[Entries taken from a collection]

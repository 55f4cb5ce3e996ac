// Statements and blocks. A block goes from its last statement to its first by halves: the second half's code is put first. What all have in common:
//   code                 the program
//   p, n                 where the header of a statement stands, and how many statements a block has
//   tape                 where the code goes
ghost use Rattle.std.specs.Prelude.{◌≡◌, ◌≤◌, get_or};
ghost use Rattle.emission.specs.OnTape.{OnTape};
ghost use Rattle.compiler.specs.Code.{of_code};
ghost use Rattle.compiler.specs.Standing.{first_end};
ghost use Rattle.compiler.specs.Post.{Ready};
ghost use Rattle.compiler.specs.Blocks.{Answers, Statements, Blocks, Skips, PassesOver};

use crate::Code;
use crate::items::is_kind;
use crate::places::{above, place_of};
use crate::values::{called, condition, value};
use emission::Array;
use emission::calls::assign;
use emission::elements::writing;
use emission::functions::{ecall, leaving, leaving_zero};
use emission::jumps::{jump, jump_back};
use emission::places::bring;
use emission::tape::Tape;
use flat::item;
use flat::statement::Kind;
use word::lists::word;

// No program has more words.
pub const MOST_WORDS: usize = 1073741824;

// Where the first expression of the statement at p ends.
pub fn first_end(words: &[u32], p: usize) -> usize
    requires { p ≤ 1073741824 }
    ensures { result ≡ first_end words.now p }
{
    p + 8 + 4 * word(words, p + 3) as usize
}

// Where the m statements end that stand from p on.
pub fn skip(words: &[u32], p: usize, m: u32) -> usize
    requires { p ≤ 1073741824 }
    ensures skips { Skips words.now p m result }
    ensures within { p ≤ result }
{
    let mut q = p;
    for _ in 0..m {
        if MOST_WORDS < q {
            return q;
        }
        q = q + 8 + word(words, q + 7) as usize;
    }
    q
}

// A jump to position `to`, over the block of m statements that is written, if it isn't empty.
pub fn pass_over(m: u32, to: usize, tape: &mut Tape)
    requires { (tape.old.at ≤ to) × (to ≤ 262144) }
    ensures { OnTape (PassesOver m to) tape.old tape.new }
{
    if m != 0 {
        jump(tape, to);
    }
}

// A value comes to the register of results; a call's is there already.
pub fn answering(code: Code, end: usize, tape: &mut Tape)
    requires { Ready end tape.old.at }
    ensures { OnTape (of_code Answers code.entry end) tape.old tape.new }
{
    if end < 4 {
        return;
    }
    if is_kind(code.words, end, item::Kind::Call) {
        called(code, end, 0, tape);
        return;
    }
    let p = place_of(code.words, end, 0);
    bring(tape, p);
    value(code, end, 0, tape);
}

// A local's new value.
fn put(code: Code, p: usize, end: usize, tape: &mut Tape)
    requires { Ready end tape.old.at × ((get_or code.words.now p 0 ≡ 0) × (end ≡ first_end code.words.now p)) }
    ensures { OnTape (of_code Statements code.entry p) tape.old tape.new }
{
    let x = word(code.words, p + 1);
    let place = place_of(code.words, end, 0);
    assign(tape, place, x);
    value(code, end, 0, tape);
}

// An element's new value.
fn store(code: Code, p: usize, end: usize, tape: &mut Tape)
    requires { Ready end tape.old.at × ((get_or code.words.now p 0 ≡ 1) × (end ≡ first_end code.words.now p)) }
    ensures { OnTape (of_code Statements code.entry p) tape.old tape.new }
{
    let second = end + 4 * word(code.words, p + 4) as usize;
    if MOST_WORDS < second {
        return;
    }
    let offset = word(code.words, p + 1);
    let size = word(code.words, p + 2);
    let array = Array { offset, size };
    let index = place_of(code.words, end, 0);
    let next = above(index, 0);
    let v = place_of(code.words, second, next);
    writing(tape, array, index, v);
    value(code, second, next, tape);
    value(code, end, 0, tape);
}

// A return with a value.
fn give(code: Code, p: usize, end: usize, tape: &mut Tape)
    requires { Ready end tape.old.at × ((get_or code.words.now p 0 ≡ 5) × (end ≡ first_end code.words.now p)) }
    ensures { OnTape (of_code Statements code.entry p) tape.old tape.new }
{
    leaving(tape);
    answering(code, end, tape);
}

// A value that is logged.
fn emit(code: Code, p: usize, end: usize, tape: &mut Tape)
    requires { Ready end tape.old.at × ((get_or code.words.now p 0 ≡ 6) × (end ≡ first_end code.words.now p)) }
    ensures { OnTape (of_code Statements code.entry p) tape.old tape.new }
{
    ecall(tape);
    answering(code, end, tape);
}

// A choice: the second block, a jump over it, the first block, and the condition.
#[cycle(block_choose_statement_turns)]
fn choose(code: Code, p: usize, end: usize, tape: &mut Tape)
    requires { Ready end tape.old.at × ((get_or code.words.now p 0 ≡ 2) × (end ≡ first_end code.words.now p)) }
    ensures { OnTape (of_code Statements code.entry p) tape.old tape.new }
{
    let second = end + word(code.words, p + 1) as usize;
    if MOST_WORDS < second {
        return;
    }
    let n = word(code.words, p + 5);
    let m = word(code.words, p + 6);
    let behind = tape.at;
    block(code, second, m, tape);
    let low = tape.at;
    pass_over(m, behind, tape);
    block(code, end, n, tape);
    condition(code, false, end, 0, low, tape);
}

// A loop: its jump back has the last word, which is filled once the loop's start is known.
#[cycle(block_choose_statement_turns)]
fn turns(code: Code, p: usize, end: usize, tape: &mut Tape)
    requires { Ready end tape.old.at × ((get_or code.words.now p 0 ≡ 3) × (end ≡ first_end code.words.now p)) }
    ensures { OnTape (of_code Statements code.entry p) tape.old tape.new }
{
    let behind = tape.at;
    if behind == 0 {
        return;
    }
    let n = word(code.words, p + 5);
    tape.at -= 1;
    block(code, end, n, tape);
    condition(code, false, end, 0, behind, tape);
    jump_back(tape, behind);
}

// One statement.
#[cycle(block_choose_statement_turns)]
fn statement(code: Code, p: usize, tape: &mut Tape)
    requires { Ready p tape.old.at }
    ensures { OnTape (of_code Statements code.entry p) tape.old tape.new }
{
    let Ok(kind) = Kind::try_from(word(code.words, p)) else {
        return;
    };
    if let Kind::Leave = kind {
        leaving_zero(tape);
        return;
    }
    let end = first_end(code.words, p);
    if MOST_WORDS < end {
        return;
    }
    match kind {
        Kind::Leave => {} // its code is put above
        Kind::Put => put(code, p, end, tape),
        Kind::Store => store(code, p, end, tape),
        Kind::Choose => choose(code, p, end, tape),
        Kind::While => turns(code, p, end, tape),
        Kind::Give => give(code, p, end, tape),
        Kind::Emit => emit(code, p, end, tape),
        Kind::Run => called(code, end, 0, tape),
    }
}

// n statements from p on.
#[cycle(block_choose_statement_turns)]
pub fn block(code: Code, p: usize, n: u32, tape: &mut Tape)
    requires { Ready p tape.old.at }
    ensures { OnTape (of_code Blocks code.entry p n) tape.old tape.new }
{
    if n == 0 {
        return;
    }
    if n == 1 {
        statement(code, p, tape);
        return;
    }
    let m = n / 2;
    let q = skip(code.words, p, m);
    if MOST_WORDS < q {
        return;
    }
    block(code, q, n - m, tape);
    block(code, p, m, tape);
}
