// Functions: the code of one, and how long it is.
ghost use Rattle.std.specs.Prelude.{◌-◌, ◌≤◌};
ghost use Rattle.emission.specs.OnTape.{OnTape};
ghost use Rattle.compiler.specs.Code.{of_code};
ghost use Rattle.compiler.specs.Functions.{Functions, Measures, Nearness};

use crate::Code;
use crate::statements::{MOST_WORDS, block};
use emission::functions::{clears, leaving_zero, opening};
use emission::tape::Tape;
use word::lists::word;

// Parameters and lets of a function, at most.
pub const MOST_LOCALS: u32 = 64;

// Where a function is put to measure it: no code is longer.
pub const TOP: usize = 262144;

// Branches reach so many instructions.
pub const NEAR: usize = 1024;

// The function whose four words begin at `base`.
pub fn function(code: Code, base: usize, tape: &mut Tape)
    requires { (base ≤ 1073741824) × (tape.old.at ≤ 262144) }
    ensures { OnTape (of_code Functions code.entry base) tape.old tape.new }
{
    let place = word(code.words, base) as usize;
    let n = word(code.words, base + 1);
    let parameters = word(code.words, base + 2);
    let lets = word(code.words, base + 3);
    if MOST_WORDS < place || MOST_LOCALS < parameters || MOST_LOCALS < lets {
        return;
    }
    leaving_zero(tape);
    block(code, place, n, tape);
    clears(tape, parameters, lets);
    opening(tape);
}

// How long its code is; what is past TOP isn't counted.
pub fn measure(code: Code, base: usize, scratch: &mut [u32]) -> usize
    requires { base ≤ 1073741824 }
    ensures measures { Measures code.entry.words.now code.entry.near base result }
    ensures within { result ≤ 262144 }
{
    let mut tape = Tape {
        words: scratch,
        at: TOP,
    };
    function(code, base, &mut tape);
    TOP - tape.at
}

// Whether branches reach all of it.
pub fn is_near(words: &[u32], entries: &[u32], base: usize, scratch: &mut [u32]) -> bool
    requires { base ≤ 1073741824 }
    ensures { Nearness words.now base result }
{
    let code = Code {
        words,
        entries,
        near: true,
    };
    measure(code, base, scratch) < NEAR
}
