// Expressions, as values and as conditions. Each function goes from the item that ends an expression to its left, and calls itself for what is on the right,
// so that a long chain of operators takes no stack. What all have in common:
//   code                 the program
//   end                  the position behind the expression's last item
//   d                    how many temporaries are in use
//   tape                 where the code goes
ghost use Rattle.std.specs.Prelude.{◌≡◌, false, ◌-◌, ◌≤◌, get_or, eqb};
ghost use Rattle.word.specs.Choice.{both};
ghost use Rattle.emission.specs.OnTape.{OnTape};
ghost use Rattle.compiler.specs.Code.{of_code};
ghost use Rattle.compiler.specs.Lies.{first};
ghost use Rattle.compiler.specs.Post.{Values, Arguments, Conditions, Calls, Ready, Aimed};

use crate::calls::{calling, plus};
use crate::items::{is_kind, kind_of, start_of};
use crate::places::{place_of, sides, temporaries};
use crate::{Code, own};
use emission::calls::answered;
use emission::places::{carry, settle};
use emission::tape::Tape;
use emission::{Jump, jumps};
use flat::item::Kind;
use word::lists::word;

// A value comes to its place. After an operator with two sides it goes on where the left one ends, so that no range has the positions.
#[cycle(arguments_called_condition_decided_joined_value)]
pub fn value(code: Code, end: usize, d: u32, tape: &mut Tape)
    requires { Ready end tape.old.at }
    ensures { OnTape (of_code Values code.entry end d) tape.old tape.new }
{
    let mut e = end;
    while 4 <= e {
        let Ok(kind) = kind_of(code.words, e) else {
            return;
        };
        match kind {
            Kind::Element => {
                own::element(code.words, e, d, tape);
                e -= 4;
                continue;
            }
            Kind::Unary => {
                own::unary(code.words, e, d, tape);
                e -= 4;
                continue;
            }
            Kind::Strict => {
                let right = sides(code.words, e - 4, d);
                own::strict(code.words, e, right, d, tape);
                value(code, e - 4, right.next, tape);
                e = right.middle;
                continue;
            }
            Kind::Call => {
                answered(tape, d);
                called(code, e, d, tape);
                return;
            }
            Kind::Join => {
                joined(code, e, d, tape);
                return;
            }
            _ => return,
        }
    }
}

// The value of `&&` or `||`: the right side's, or what the left side decides.
#[cycle(arguments_called_condition_decided_joined_value)]
fn joined(code: Code, end: usize, d: u32, tape: &mut Tape)
    requires { Ready end tape.old.at × ((4 ≤ end) × (get_or code.words.now (end - 4) 0 ≡ 8)) }
    ensures { OnTape (of_code Values code.entry end d) tape.old tape.new }
{
    let middle = start_of(code.words, end - 4);
    if middle < 4 {
        return;
    }
    let other = is_kind(code.words, middle, Kind::Or);
    let v = u32::from(other);
    let behind = tape.at;
    settle(tape, v, d);
    let decided = tape.at;
    jumps::jump(tape, behind);
    let p = place_of(code.words, end - 4, d);
    carry(tape, p, d);
    value(code, end - 4, d, tape);
    condition(code, other, middle - 4, d, decided, tape);
}

// A call, with the values of its arguments.
#[cycle(arguments_called_condition_decided_joined_value)]
pub fn called(code: Code, end: usize, d: u32, tape: &mut Tape)
    requires { Ready end tape.old.at × (4 ≤ end) }
    ensures { OnTape (of_code Calls code.entry end d) tape.old tape.new }
{
    calling(code, end, d, tape);
    let n = word(code.words, end - 1);
    arguments(code, end - 4, n, d, tape);
}

// The values of n arguments that end at `end`, the last one first.
#[cycle(arguments_called_condition_decided_joined_value)]
fn arguments(code: Code, end: usize, n: u32, d: u32, tape: &mut Tape)
    requires { Ready end tape.old.at }
    ensures { OnTape (of_code Arguments code.entry end n d) tape.old tape.new }
{
    let mut e = end;
    for i in (0..n).rev() {
        let start = start_of(code.words, e);
        let before = temporaries(code.words, start, i);
        let below = plus(d, before);
        value(code, e, below, tape);
        e = start;
    }
}

// A jump to `to` where the expression's truth is t; it goes on as `value` does.
#[cycle(arguments_called_condition_decided_joined_value)]
pub fn condition(code: Code, t: bool, end: usize, d: u32, to: usize, tape: &mut Tape)
    requires { Aimed end tape.old.at to }
    ensures { OnTape (λ at. of_code Conditions code.entry t end d at to) tape.old tape.new }
{
    let mut truth = t;
    let mut e = end;
    let mut goal = to;
    while 4 <= e {
        if own::is_not(code.words, e) {
            truth = !truth;
            e -= 4;
            continue;
        }
        if is_kind(code.words, e, Kind::Join) {
            let middle = start_of(code.words, e - 4);
            if middle < 4 {
                return;
            }
            let other = is_kind(code.words, middle, Kind::Or);
            let behind = tape.at;
            condition(code, truth, e - 4, d, goal, tape);
            goal = own::aim(truth, other, goal, behind);
            truth = other;
            e = middle - 4;
            continue;
        }
        decided(code, truth, e, d, goal, tape);
        return;
    }
}

// The same of an expression that is neither `!` nor `&&` nor `||`.
#[cycle(arguments_called_condition_decided_joined_value)]
fn decided(code: Code, t: bool, end: usize, d: u32, to: usize, tape: &mut Tape)
    requires { Aimed end tape.old.at to × ((4 ≤ end) × ((get_or code.words.now (end - 4) 0 ≡ 8 → ⊥) × (both (eqb (get_or code.words.now (end - 4) 0) 4) (eqb (first code.words.now end) 1) ≡ false))) }
    ensures { OnTape (λ at. of_code Conditions code.entry t end d at to) tape.old tape.new }
{
    let way = Jump {
        near: code.near,
        when: t,
        to,
    };
    if is_kind(code.words, end, Kind::Number) {
        let n = word(code.words, end - 2);
        jumps::always(tape, way, n);
        return;
    }
    if is_kind(code.words, end, Kind::Call) {
        jumps::testing_answer(tape, way);
        called(code, end, d, tape);
        return;
    }
    match own::relation_of(code.words, end) {
        Some(comparison) => {
            let right = sides(code.words, end - 4, d);
            own::compare(code.words, way, comparison, end, right, d, tape);
            value(code, end - 4, right.next, tape);
            value(code, right.middle, d, tape);
        }
        None => {
            let p = place_of(code.words, end, d);
            jumps::testing(tape, way, p);
            value(code, end, d, tape);
        }
    }
}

» Task goal
Your answer should consist only of the count of lines in the data that contain "assign".

» Solution for this problem
2